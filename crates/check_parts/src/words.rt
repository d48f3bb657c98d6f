//! The words after the program's name.
ghost use Rattle.std.specs.Prelude.{◌≡◌};
ghost use Rattle.check_parts.specs.Forms.{form_of as form_in, play_in, usage_line};

use crate::form::{Form, Play};
use rc_base::is_text;

/// The line for a command line that is not valid.
pub const USAGE: &str = "usage: resctrl_check export step|export run|check\n";

// How a word has a script played.
fn play_of(text: &[u8]) -> Option<Play>
    ensures { result ≡ play_in text.now }
{
    if is_text(text, b"step") {
        Some(Play::Step)
    } else if is_text(text, b"run") {
        Some(Play::Run)
    } else {
        None
    }
}

/// What a command line asks for, and None where it is not valid: `export step`, `export run` or `check`, and nothing else. (This
/// project's profile.)
pub fn form_of(words: &[String]) -> Option<Form>
    ensures { result ≡ form_in words.now }
{
    match words {
        [command] if is_text(command.as_bytes(), b"check") => Some(Form::Check),
        [command, play] if is_text(command.as_bytes(), b"export") => {
            play_of(play.as_bytes()).map(Form::Export)
        }
        _ => None,
    }
}

/// The usage line as bytes.
pub fn usage_bytes() -> &'static [u8]
    ensures { result.now ≡ usage_line }
{
    USAGE.as_bytes()
}
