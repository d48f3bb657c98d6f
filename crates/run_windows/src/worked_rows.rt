//! The rows, each proved with an empty body.

ghost use Rattle.run_windows.specs.LockRows.{FlushedRegion, RemovedRegion};
ghost use Rattle.run_windows.specs.SliceRows.{CoveredRow, DroppedLines, LoadedRow, PrivateRow};

/// What the definitions of isolation say of a few entries of a slice.
pub fn rows_of_slices_hold()
    ensures private { PrivateRow }
    ensures covered { CoveredRow }
    ensures drops { DroppedLines }
    ensures loaded { LoadedRow }
{}

/// Where the window of a locked region ends in two runs: at a flush, and where its group is removed.
pub fn rows_of_regions_hold()
    ensures flushed { FlushedRegion }
    ensures removed { RemovedRegion }
{}
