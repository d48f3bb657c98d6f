//! What the words after the program's name ask for.

/// How a script is played for the journals that are exported. (This project's profile.)
#[derive(Clone, Copy, Debug, PartialEq, Eq)]
pub enum Play {
    /// `step`: one step at a time, by the script's `order` lines.
    Step,
    /// `run`: with a worker for each thread of a phase. The `order` lines say nothing then.
    Run,
}

/// What the words after the program's name ask for. (This project's profile.)
#[derive(Clone, Copy, Debug, PartialEq, Eq)]
pub enum Form {
    /// `export step` or `export run`: the script that the source holds, and after it the journals of its play.
    Export(Play),
    /// `check`: whether the journals that the source holds after a script are a run of it.
    Check,
}
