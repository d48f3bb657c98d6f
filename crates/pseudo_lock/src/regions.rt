//! The pseudo-locked regions of a machine.
ghost use Rattle.pseudo_lock.specs.declared.region.Region.{Region};
ghost use Rattle.std.specs.Prelude.{◌≡◌, ◌<◌, ◌^◌, None, IfSome, map};
ghost use Rattle.pseudo_lock.specs.Regions.{IsLawful, first_line_of, next_region, region_in, unused, with_region, without, without_group};

use crate::region::{Region, without};
use rc_base::Gid;
use std::marker::Model;

/// The greatest number of domains that a machine may have (this project's profile).
pub const DOMAINS: usize = 8;

/// How many regions may be placed in all (this project's profile).
pub const MAX_PLACED: u32 = 4_000_000;

// The first line of region 0. Trace addresses are below 2^48, so no trace meets a region's line.
const FIRST_LINE: u64 = 1 << 52;

// How many lines there are from the first of a region to the first of the next.
const LINES_APART: u64 = 1 << 32;

/// The regions of a machine, at most one in each domain, and how many were placed so far (this project's profile).
#[derive(Debug, Drop)]
pub struct Regions {
    places: [Option<Region>; DOMAINS],
    placed: u32,
}

impl Model for Regions {
    ghost use Rattle.pseudo_lock.specs.Regions.{IsLawful, RegionTable};

    ghost Value = { RegionTable };

    ghost view = { λ r. record { places = r.places; placed = r.placed } };

    ghost invariant = { λ r. IsLawful (record { places = r.places; placed = r.placed }) };
}

impl Regions {
    /// No region, and none placed so far.
    pub fn create() -> Regions
        ensures { result ≡ unused }
    {
        Regions {
            places: [None; DOMAINS],
            placed: 0,
        }
    }

    /// How many regions were placed so far, those that are gone included.
    pub fn placed(&self) -> u32
        ensures number { result ≡ self.now.placed }

        // Each region is in its own domain's place, and no two have the same first line.
        ensures lawful { IsLawful self.now }
    {
        self.placed
    }

    /// The region of a domain. `None` says that the domain has none, or that there is no such domain.
    pub fn of(&self, domain: u8) -> Option<Region>
        ensures region { result ≡ region_in self.now.places domain }
        ensures own { IfSome result (λ r. r.domain ≡ domain) }
        ensures low { IfSome result (λ r. r.first_line < 2 ^ 60) }
    {
        let place = domain as usize;
        if place < DOMAINS {
            self.places[place]
        } else {
            None
        }
    }

    /// Places a region of these ways in a domain, and returns it. Region number k, counted over all that were placed
    /// from 0, has the first line 2^52 + k * 2^32 (this project's profile).
    pub fn place(&mut self, gid: Gid, domain: u8, mask: u32) -> Region
        requires exists { domain < DOMAINS }
        requires free { region_in self.old.places domain ≡ None }
        requires limit { self.old.placed < MAX_PLACED }
        ensures region { result ≡ next_region self.old gid domain mask }
        ensures placed { self.new ≡ with_region (next_region self.old gid domain mask) self.old }
    {
        let region = Region {
            gid,
            domain,
            mask,
            first_line: first_line_of(self.placed),
        };
        self.places[domain as usize] = Some(region);
        self.placed += 1;
        region
    }

    /// Removes every region of a group, and no other. What was placed is still counted.
    pub fn remove(&mut self, gid: Gid)
        ensures { self.new ≡ without_group gid self.old }
    {
        clear(&mut self.places, gid);
    }
}

// The first line of the region with this number, counted over all that were placed, from 0.
fn first_line_of(number: u32) -> u64
    requires { number < MAX_PLACED }
    ensures { result ≡ first_line_of number }
{
    FIRST_LINE + u64::from(number) * LINES_APART
}

// Clears each place that has a region of the group.
fn clear(places: &mut [Option<Region>; DOMAINS], gid: Gid)
    ensures { places.new ≡ map (without gid) places.old }
{
    for domain in 0..places.len() {
        places[domain] = without(places[domain], gid);
    }
}
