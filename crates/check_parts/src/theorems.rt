//! The limit by its number, and laws of bad inputs and of journals that are let go of.
ghost use Rattle.std.specs.Prelude.{◌≡◌};
ghost use Rattle.check_parts.specs.CrowdedSlices.{MoreEntriesFail};
ghost use Rattle.check_parts.specs.Laws.{BadInputsAreOne};
ghost use Rattle.check_parts.specs.declared.limits.TheConstants.{MOST_CHECK_BYTES};

use journal_text::theorems::bad_lines_are_one;

/// The limit is this number (this project's profile). Every other clause cites it by its name.
pub fn limits_are_stated()
    ensures { MOST_CHECK_BYTES ≡ 1_073_741_824 }
{}

/// One thing is wrong with an input at most, so one line refuses it.
pub fn bad_inputs_are_one()
    ensures { BadInputsAreOne }
{
    bad_lines_are_one();
}

/// Of slices that have together more entries than the script weighs, the entries of some op do not stand there just as it makes them.
/// So of such slices it has to be known only whether the clauses before that one hold.
pub fn more_entries_fail()
    ensures { MoreEntriesFail }
{}
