//! A keeper of journals that keeps no more of the tree's history than a run of the script has.
ghost use Rattle.std.specs.Prelude.{◌≡◌, IfOk, OnOk};
ghost use Rattle.check_parts.specs.Judging.{HasSlices, KeepsCommand, KeepsExpected, KeepsToo};
ghost use Rattle.journal_check.specs.Tables.{IsTableOf};
ghost use Rattle.journal_check.specs.Verdicts.{IsVerdict};
ghost use Rattle.journal_text.specs.States.{PartsRead, journals_in, nothing_read, with_command, with_entry, with_slice};
ghost use Rattle.run_law.specs.Entries.{entry_value};
ghost use Rattle.script_ops.specs.Values.{total_weight};

use crate::left_journals::LeftJournals;
use cache_core::SliceEntry;
use journal_check::{CommandCounts, Verdict};
use journal_text::{Keeper, WeighedScript};
use rc_base::NoMemory;
use run_law::TreeEntry;
use script_ops::Script;
use std::alloc::Global;

/// The journals that are read for a script. What is left of them is kept until a command comes that no run of the script goes on with.
/// From then on the commands are counted and nothing is kept, for how often they stand decides the verdict.
#[derive(Drop)]
pub(crate) struct ExpectedJournals {
    pub(crate) counts: CommandCounts,
    pub(crate) left: Option<LeftJournals>,
}

// Keeps a command, where all is kept.
fn keep_command(
    left: &mut Option<LeftJournals>,
    script: &Script,
    entry: TreeEntry,
) -> Result<(), NoMemory>
    ensures { OnOk result (KeepsCommand script.now left.old left.new (entry_value entry)) }
{
    match left {
        Some(journals) => journals.add_command(script, entry),
        None => Ok(()),
    }
}

// Keeps an entry of the slice that is being read, where all is kept.
fn keep_entry(
    left: &mut Option<LeftJournals>,
    script: &Script,
    entry: SliceEntry,
) -> Result<(), NoMemory>
    ensures { OnOk result (KeepsToo script.now left.old left.new (λ parts. with_entry parts entry)) }
{
    match left {
        Some(journals) => journals.add_entry(script, entry),
        None => Ok(()),
    }
}

// Ends the slice that is being read, where all is kept.
fn end_kept(
    alloc: Global,
    left: &mut Option<LeftJournals>,
    weighed: &WeighedScript<'_>,
) -> Result<(), NoMemory>
    requires weight { weighed.now.weight ≡ total_weight weighed.now.script.now }
    ensures { OnOk result (KeepsToo weighed.now.script.now left.old left.new with_slice) }
{
    match left {
        Some(journals) => journals.end_slice(alloc, weighed),
        None => Ok(()),
    }
}

impl ExpectedJournals {
    /// Nothing was read. NoMemory where there is no room for a number for each op.
    pub(crate) fn create(alloc: Global, script: &Script) -> Result<ExpectedJournals, NoMemory>
        ensures { IfOk result (λ kept. KeepsExpected kept script.now nothing_read) }
    {
        Ok(ExpectedJournals {
            counts: CommandCounts::create(alloc, script)?,
            left: Some(LeftJournals::create(alloc)),
        })
    }

    /// The verdict on the journals, where the text is over. NoMemory where there is no room for what a check keeps of them.
    pub(crate) fn verdict(self, alloc: Global, script: &Script) -> Result<Verdict, NoMemory>
        requires table { IsTableOf script.now self.counts }
        requires slices { HasSlices script.now self.left }
        ensures { IfOk result (λ verdict. (parts : PartsRead) → KeepsExpected self script.now parts → IsVerdict script.now (journals_in parts) verdict) }
    {
        let ExpectedJournals { counts, left } = self;
        match left {
            Some(left) => {
                drop(counts);
                left.verdict(alloc, script)
            }
            None => Ok(counts.verdict(script)),
        }
    }
}

impl Keeper for ExpectedJournals {
    ghost keeps = { λ kept script parts. KeepsExpected kept script parts };

    fn add_command(&mut self, script: &Script, entry: TreeEntry) -> Result<(), NoMemory> {
        let expected = self.counts.expects(script, &entry);
        self.counts.add(&entry);
        if expected {
            keep_command(&mut self.left, script, entry)
        } else {
            self.left = None;
            Ok(())
        }
    }

    fn add_entry(&mut self, script: &Script, entry: SliceEntry) -> Result<(), NoMemory> {
        keep_entry(&mut self.left, script, entry)
    }

    fn end_slice(&mut self, alloc: Global, weighed: &WeighedScript<'_>) -> Result<(), NoMemory> {
        end_kept(alloc, &mut self.left, weighed)
    }
}
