//! What is wrong with an input whatever follows its beginning.
ghost use Rattle.std.specs.Prelude.{◌≡◌, ◌-◌, ◌<◌, ◌≤◌, ◌^◌, ◌==◌, IfOk, count_by, length, slice_index};
ghost use Rattle.check_parts.specs.Beginnings.{FindsAnyFault, FindsBadLine, FindsFault};
ghost use Rattle.check_parts.specs.declared.limits.TheConstants.{MOST_CHECK_BYTES};

use crate::division::{divide, script_part};
use rc_base::NoMemory;
use script_lines::ScriptFault;
use script_text::{ScriptError, read_script};
use std::alloc::Global;

// How many bytes of a text are whole lines.
fn whole_bytes(text: &[u8]) -> usize
    ensures within { result ≤ length text.now }
    ensures newline { 0 < result → slice_index text.now (result - 1) ≡ 10 }
{
    let mut end = text.len();
    'bytes: while end > 0 {
        if text[end - 1] == b'\n' {
            return end;
        }
        end -= 1;
    }
    0
}

// How many lines of a text end with a newline.
fn newlines(text: &[u8]) -> usize
    ensures { result ≡ count_by (λ b. b == 10) text.now }
{
    text.iter().filter(|b| **b == b'\n').count()
}

// The fault of a script that is whole.
fn fault_of_script(alloc: Global, text: &[u8]) -> Result<Option<ScriptFault>, NoMemory>
    requires { length text.now ≤ 2 ^ 31 }
    ensures { IfOk result (λ found. FindsAnyFault text.now found) }
{
    match read_script(alloc, text) {
        Ok(_) => Ok(None),
        Err(ScriptError::Bad(fault)) => Ok(Some(fault)),
        Err(ScriptError::NoMemory) => Err(NoMemory),
    }
}

// The fault of a script of which these are the first lines, where one of them is bad.
fn fault_of_lines(alloc: Global, lines: &[u8]) -> Result<Option<ScriptFault>, NoMemory>
    requires { length lines.now ≤ 2 ^ 31 }
    ensures { IfOk result (λ found. FindsBadLine lines.now found) }
{
    match fault_of_script(alloc, lines)? {
        Some(fault) if fault.line as usize <= newlines(lines) => Ok(Some(fault)),
        _ => Ok(None),
    }
}

/// The fault of the script of every input of a check that begins with these bytes. None where the bytes do not decide it: what follows the
/// last newline among them is not looked at.
pub fn fault_of_beginning(alloc: Global, bytes: &[u8]) -> Result<Option<ScriptFault>, NoMemory>
    requires { length bytes.now ≤ MOST_CHECK_BYTES }
    ensures { IfOk result (λ found. FindsFault bytes.now found) }
{
    let end = whole_bytes(bytes);
    if end == 0 {
        return Ok(None);
    }
    let lines = &bytes[..end];
    match divide(lines) {
        Some(division) => fault_of_script(alloc, script_part(lines, Some(division))),
        None => fault_of_lines(alloc, lines),
    }
}
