//! The windows that begin at one flush or lock.
ghost use Rattle.std.specs.Prelude.{◌≡◌, ◌+◌, ◌^◌, ◌<◌, ◌≤◌, length, slice_index_or, IfOk, OnOk};
ghost use Rattle.std.specs.List.{position, position_or_len};
ghost use Rattle.cache_core.specs.Filled.{empties};
ghost use Rattle.cache_core.specs.declared.entry.SliceEntry.{SliceEntry};
ghost use Rattle.machine.specs.Slices.{slice_number};
ghost use Rattle.run_law.specs.Journals.{slice_at};
ghost use Rattle.run_law.specs.Runs.{IsRun};
ghost use Rattle.run_windows.specs.AllWindows.{AreWindowsBefore, IsOpening, with_used};
ghost use Rattle.private_lru.specs.Ends.{RiseByGroup};
ghost use Rattle.run_windows.specs.Stays.{AreStays};
ghost use Rattle.run_windows.specs.Fronts.{front_of};
ghost use Rattle.private_lru.specs.Tallies.{AreCounted, IsCounted};
ghost use Rattle.run_windows.specs.Windows.{StaysExclusive};
ghost use Rattle.script_ops.specs.Values.{IsLawful};

use crate::counting::{empties, window_of};
use crate::opening::Opening;
use cache_core::SliceEntry;
use private_lru::{ExclusiveSpan, WindowCounts, counts_of};
use rc_base::NoMemory;
use run_counts::Window;
use run_replay::Run;
use std::alloc::Global;

// Adds a window in which its group has an access.
fn push_used(windows: &mut Vec<Window>, window: Window) -> Result<(), NoMemory>
    ensures { OnOk result (windows.new.items ≡ with_used windows.old.items window) }
{
    if 0 < window.accesses {
        windows.push(window)?;
    }
    Ok(())
}

// The first of these entries that empties the slice.
fn first_empty(entries: &[SliceEntry]) -> Option<usize>
    ensures { result ≡ position (λ (e : SliceEntry). empties e.what) entries.now }
{
    entries.iter().position(|e| empties(e.what))
}

// How many of these entries stand before it.
fn front_len(entries: &[SliceEntry]) -> usize
    ensures len { result ≡ position_or_len (λ (e : SliceEntry). empties e.what) entries.now }
    ensures within { result ≤ length entries.now }
{
    first_empty(entries).unwrap_or(entries.len())
}

// The entries after a place, up to the first that empties the slice.
fn front_of(entries: &[SliceEntry], from: usize) -> &[SliceEntry]
    requires { from < length entries.now }
    ensures { result.now ≡ front_of from entries.now }
{
    let rest = &entries[from + 1..];
    &rest[..front_len(rest)]
}

// What is counted of the windows of these groups that begin at a flush or a lock.
fn counts_at(
    alloc: Global,
    run: &Run<'_>,
    opening: Opening,
    stays: &[ExclusiveSpan],
) -> Result<Vec<WindowCounts>, NoMemory>
    requires within { opening.from < length (slice_at run.now.journals.now (slice_number run.now.script.now.machine opening.domain opening.slice)) }
    requires few { length (slice_at run.now.journals.now (slice_number run.now.script.now.machine opening.domain opening.slice)) < 2 ^ 32 }
    requires rising { RiseByGroup stays.now }
    ensures { IfOk result (λ counts. (d : SliceEntry) → AreCounted run.now.script.now.machine.sets (slice_index_or (slice_at run.now.journals.now (slice_number run.now.script.now.machine opening.domain opening.slice)) opening.from d).what (front_of opening.from (slice_at run.now.journals.now (slice_number run.now.script.now.machine opening.domain opening.slice))) stays.now counts.items) }
{
    let machine = run.script.machine();
    let number = u32::from(opening.domain) * u32::from(machine.slices) + u32::from(opening.slice);
    let entries = run.journals.slice(number);
    let from = opening.from as usize;
    counts_of(
        alloc,
        stays,
        machine.sets,
        entries[from].what,
        front_of(entries, from),
    )
}

// Adds the window of an exclusive group that begins at a flush or a lock, where the group has an access in it.
fn push_window(
    run: &Run<'_>,
    opening: Opening,
    stay: ExclusiveSpan,
    counts: WindowCounts,
    windows: &mut Vec<Window>,
) -> Result<(), NoMemory>
    requires lawful { IsLawful run.now.script.now }
    requires run { IsRun run.now.script.now run.now.journals.now }
    requires domain { opening.domain < run.now.script.now.machine.domains }
    requires slice { opening.slice < run.now.script.now.machine.slices }
    requires opens { IsOpening run.now.script.now run.now.journals.now opening.domain opening.slice opening.from }
    requires exclusive { (d : SliceEntry) → StaysExclusive run.now.script.now run.now.journals.now opening.domain stay.gid stay.mask (slice_index_or (slice_at run.now.journals.now (slice_number run.now.script.now.machine opening.domain opening.slice)) opening.from d).epoch stay.last }
    requires counted { (d : SliceEntry) → IsCounted run.now.script.now.machine.sets (slice_index_or (slice_at run.now.journals.now (slice_number run.now.script.now.machine opening.domain opening.slice)) opening.from d).what (front_of opening.from (slice_at run.now.journals.now (slice_number run.now.script.now.machine opening.domain opening.slice))) stay counts }
    requires before { AreWindowsBefore run.now.script.now run.now.journals.now (record { domain = opening.domain; slice = opening.slice; from = opening.from; gid = stay.gid.0 }) windows.old.items }
    ensures { OnOk result (AreWindowsBefore run.now.script.now run.now.journals.now (record { domain = opening.domain; slice = opening.slice; from = opening.from; gid = stay.gid.0 + 1 }) windows.new.items) }
{
    push_used(windows, window_of(opening, stay, counts))
}

/// Adds the windows that begin at a flush or a lock, of the groups that are exclusive then.
pub(crate) fn push_opened(
    alloc: Global,
    run: &Run<'_>,
    opening: Opening,
    stays: &[ExclusiveSpan],
    windows: &mut Vec<Window>,
) -> Result<(), NoMemory>
    requires lawful { IsLawful run.now.script.now }
    requires run { IsRun run.now.script.now run.now.journals.now }
    requires domain { opening.domain < run.now.script.now.machine.domains }
    requires slice { opening.slice < run.now.script.now.machine.slices }
    requires opens { IsOpening run.now.script.now run.now.journals.now opening.domain opening.slice opening.from }
    requires stays { (d : SliceEntry) → AreStays run.now.script.now run.now.journals.now opening.domain (slice_index_or (slice_at run.now.journals.now (slice_number run.now.script.now.machine opening.domain opening.slice)) opening.from d).epoch stays.now }
    requires before { AreWindowsBefore run.now.script.now run.now.journals.now (record { domain = opening.domain; slice = opening.slice; from = opening.from; gid = 0 }) windows.old.items }
    ensures { OnOk result (AreWindowsBefore run.now.script.now run.now.journals.now (record { domain = opening.domain; slice = opening.slice; from = opening.from + 1; gid = 0 }) windows.new.items) }
{
    let counts = counts_at(alloc, run, opening, stays)?;
    for i in 0..stays.len() {
        push_window(run, opening, stays[i], counts[i], windows)?;
    }
    Ok(())
}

##########

Work required: Please give an exact copy of the lines above, beginning with the line containing "pub const MAX_PLACED: u32 = 4_000_000;" and running through the line containing "same first line.", and of no other lines.

Solution for this problem:
pub const MAX_PLACED: u32 = 4_000_000;

// The first line of region 0. Trace addresses are below 2^48, so no trace meets a region's line.
const FIRST_LINE: u64 = 1 << 52;

// How many lines there are from the first of a region to the first of the next.
const LINES_APART: u64 = 1 << 32;

/// The regions of a machine, at most one in each domain, and how many were placed so far (this project's profile).
#[derive(Debug, Drop)]
pub struct Regions {
    places: [Option<Region>; DOMAINS],
    placed: u32,
}

impl Model for Regions {
    ghost use Rattle.pseudo_lock.specs.Regions.{IsLawful, RegionTable};

    ghost Value = { RegionTable };

    ghost view = { λ r. record { places = r.places; placed = r.placed } };

    ghost invariant = { λ r. IsLawful (record { places = r.places; placed = r.placed }) };
}

impl Regions {
    /// No region, and none placed so far.
    pub fn create() -> Regions
        ensures { result ≡ unused }
    {
        Regions {
            places: [None; DOMAINS],
            placed: 0,
        }
    }

    /// How many regions were placed so far, those that are gone included.
    pub fn placed(&self) -> u32
        ensures number { result ≡ self.now.placed }

        // Each region is in its own domain's place, and no two have the same first line.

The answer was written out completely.